Upon arrival to the surgical ICU, there was evidence of continuous bleeding from the fasciotomy sites. The patient was arousable to command but she became increasingly hemodynamically unstable requiring support with norepinephrine at 0.25 μg·kg−1·min−1. Given the state of hemorrhagic shock refractory to fluid resuscitation while requiring high dose of norepinephrine, pRBC transfusion would ordinarily have been indicated. However, she was known to have a RBC alloantibody with anti-Jk3 specificity, which is known to be hemolytic. The Hematology and Blood Bank Services were consulted and they recommended optimization of her coagulation profile with FFP, vitamin K, and aminocaproic acid given the lack of an immediate supply of pRBCs lacking the Jk3 antigen which is an extraordinarily rare phenotype in most populations.

Towards the end of post-operative day 1, the patient developed a worsening lactic acidosis (lactate 5.7 mmol/L), increasing levels of serum troponin (0.09 ng/mL) without evidence of ST elevation on the electrocardiogram. Hemoglobin was 4.0 g/dL (Fig. 1) due to continued bleeding refractory to pro-coagulant therapy. There was evidence of worsening mental status with somnolence but neither alterations of air-way- protective reflexes nor impaired gas exchange requiring tracheal intubation were observed (ABG: PH 7.32, PaO2 278 mm Hg, PCO2 47 mm Hg, at FiO2 100% delivered by high flow nasal cannula 40 L/min).

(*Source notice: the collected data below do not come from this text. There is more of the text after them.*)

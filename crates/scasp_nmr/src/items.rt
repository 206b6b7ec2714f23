//! Checks of clauses.
use scasp_syntax::Sequence;

/// A check of the clause of this number, counted from 1; `head` where the clause is a rule and not a denial.
#[derive(Clone, Copy, Debug, PartialEq, Eq)]
pub struct CheckItem {
    pub clause: u64,
    pub head: bool,
}

/// A list of checks.
pub type CheckItems = Sequence<CheckItem>;
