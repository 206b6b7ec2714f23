//! What holds of the list of checks.
ghost use Rattle.std.specs.Prelude.{◌↔◌, ℕ, true, false};
ghost use Rattle.scasp_syntax.specs.declared.program.Program.{Program as ThisProgram};
ghost use Rattle.scasp_graph.specs.Analyses.{IsAnalysis};
ghost use Rattle.scasp_graph.specs.OddRules.{IsOddRule};
ghost use Rattle.scasp_graph.specs.declared.analysis.Analysis.{Analysis as ThisAnalysis};
ghost use Rattle.scasp_nmr.specs.Checks.{checks_of, IsDenial, HasCheck};

/// With the analysis of a program, a denial is checked, an odd rule is checked with its head, and nothing else is.
pub fn checks_are_denials_and_odd_rules()
    ensures denials { (p : ThisProgram) (a : ThisAnalysis) → IsAnalysis p a → (k : ℕ) → HasCheck (checks_of p a.odd_rules) k false ↔ IsDenial p k }
    ensures rules { (p : ThisProgram) (a : ThisAnalysis) → IsAnalysis p a → (k : ℕ) → HasCheck (checks_of p a.odd_rules) k true ↔ IsOddRule p k }
{}
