//! The clauses that an answer has to be checked against: denials and odd rules.
#![tactic(auto)]

mod items;
pub mod laws;
mod listing;

pub use items::{CheckItem, CheckItems};
pub use listing::checks;
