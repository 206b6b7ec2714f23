//! What holds of the text of answers.
ghost use Rattle.std.specs.Prelude.{◌≡◌, ℕ, List, flat_map};
ghost use Rattle.scasp_cert.specs.Certificate.{Certificate};
ghost use Rattle.scasp_cert.specs.Text.Block.{block_text};
ghost use Rattle.scasp_answers.specs.Blocks.Blocks.{block_lines, placed_text};

/// The text of a block is that of its lines, one below the other.
pub fn blocks_are_lines()
    ensures { (names : List (List ℕ)) (c : Certificate) (n : ℕ) → block_text names c n ≡ flat_map (placed_text names) (block_lines c n) }
{}
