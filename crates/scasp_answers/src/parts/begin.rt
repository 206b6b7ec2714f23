//! Open lines: how they begin, what they take, whether they have all that they need.
ghost use Rattle.std.specs.Prelude.{◌≡◌, true, length};
ghost use Rattle.scasp_answers_terms.specs.Tokens.Bounds.{line_fits};
ghost use Rattle.scasp_answers_lines.specs.Forms.View.{line_of};
ghost use Rattle.scasp_answers.specs.Blocks.Open as spec;
ghost use Rattle.scasp_answers.specs.Blocks.States.{opened};
ghost use Rattle.scasp_answers.specs.Parts.View.{open_of, parts_in};

use crate::parts::open_line::{Open, Part};
use crate::parts::room::{Room, may_stand, room_below};
use scasp_answers_lines::Line;
use std::alloc::Global;

impl Open {
    /// The line, with nothing below it.
    pub fn new(alloc: Global, line: Line) -> Open
        requires { line_fits (line_of line) ≡ true }
        ensures { open_of result ≡ opened (line_of line) }
    {
        Open {
            line,
            parts: Vec::new(alloc),
        }
    }

    /// Whether the other line may stand right below, behind the parts that do.
    pub fn takes(&self, line: &Line) -> bool
        ensures { result ≡ spec.may_stand (spec.room_below (open_of self.now).line) (length (open_of self.now).parts) (line_of line.now) }
    {
        may_stand(room_below(&self.line), self.parts.len(), line)
    }

    /// The parts below the line.
    pub fn into_parts(self) -> Vec<Part>
        ensures { parts_in result.items ≡ (open_of self).parts }
    {
        let Open { line, parts } = self;
        drop(line);
        parts
    }

    /// Whether nothing more has to stand below the line.
    pub fn is_whole(&self) -> bool
        ensures { result ≡ spec.is_whole (open_of self.now) }
    {
        match room_below(&self.line) {
            Room::Cases(cases) => self.parts.len() == cases,
            Room::Nodes | Room::Covers | Room::Nothing => true,
        }
    }
}
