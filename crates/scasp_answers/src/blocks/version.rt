//! The versions of answer files.

/// How an answer file writes its blocks.
#[derive(Clone, Copy, Debug, PartialEq, Eq)]
pub enum Version {
    /// Each line stands there.
    One,
    /// A subtree that stands there may be written `copy N` once more.
    Two,
}
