//! What may stand right below a line.
ghost use Rattle.std.specs.Prelude.{◌≡◌};
ghost use Rattle.scasp_answers_lines.specs.Forms.View.{line_of};
ghost use Rattle.scasp_answers.specs.Blocks.Open as spec;
ghost use Rattle.scasp_answers.specs.Parts.View.{room_of};

use scasp_answers_lines::Line;

/// What may stand right below a line.
#[derive(Clone, Copy)]
pub enum Room {
    Nodes,
    Covers,
    /// Exactly so many cases.
    Cases(usize),
    Nothing,
}

pub fn room_below(line: &Line) -> Room
    ensures { room_of result ≡ spec.room_below (line_of line.now) }
{
    match line {
        Line::Tree | Line::Pos(_, _, _) | Line::Leaf(_) | Line::Head => Room::Nodes,
        Line::Neg(_) => Room::Covers,
        Line::Check(_) | Line::Rule(_) => Room::Cases(1),
        Line::Split(_) => Room::Cases(2),
        Line::Header(_)
        | Line::Ending(_, _)
        | Line::Rejected(_, _, _, _)
        | Line::Answer(_, _, _)
        | Line::Given(_)
        | Line::Sample(_)
        | Line::Clash(_)
        | Line::Map(_)
        | Line::End
        | Line::Loop(_, _)
        | Line::Seen(_, _)
        | Line::Test(_, _)
        | Line::Void(_) => Room::Nothing,
    }
}

fn is_node(line: &Line) -> bool
    ensures { result ≡ spec.is_node (line_of line.now) }
{
    matches!(
        line,
        Line::Pos(_, _, _) | Line::Neg(_) | Line::Loop(_, _) | Line::Seen(_, _) | Line::Test(_, _)
    )
}

fn is_cover(line: &Line) -> bool
    ensures { result ≡ spec.is_cover (line_of line.now) }
{
    matches!(line, Line::Rule(_))
}

fn is_case(line: &Line) -> bool
    ensures { result ≡ spec.is_case (line_of line.now) }
{
    matches!(
        line,
        Line::Split(_) | Line::Void(_) | Line::Leaf(_) | Line::Head
    )
}

/// Whether the line may stand there, behind so many parts.
pub fn may_stand(room: Room, parts: usize, line: &Line) -> bool
    ensures { result ≡ spec.may_stand (room_of room) parts (line_of line.now) }
{
    match room {
        Room::Nodes => is_node(line),
        Room::Covers => is_cover(line),
        Room::Cases(cases) => is_case(line) && parts < cases,
        Room::Nothing => false,
    }
}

Since transfusion of non-compatible pRBCs would be deleterious and possibly lethal, we obtained the written informed consent of the patient and her family to administer Hemopure as a bridging oxygen-carrying solution until compatible pRBCs could be found, and her permission to report this case in the medical literature. Compassionate use of Hemopure was granted by our institutional review board and the Food and Drug Administration.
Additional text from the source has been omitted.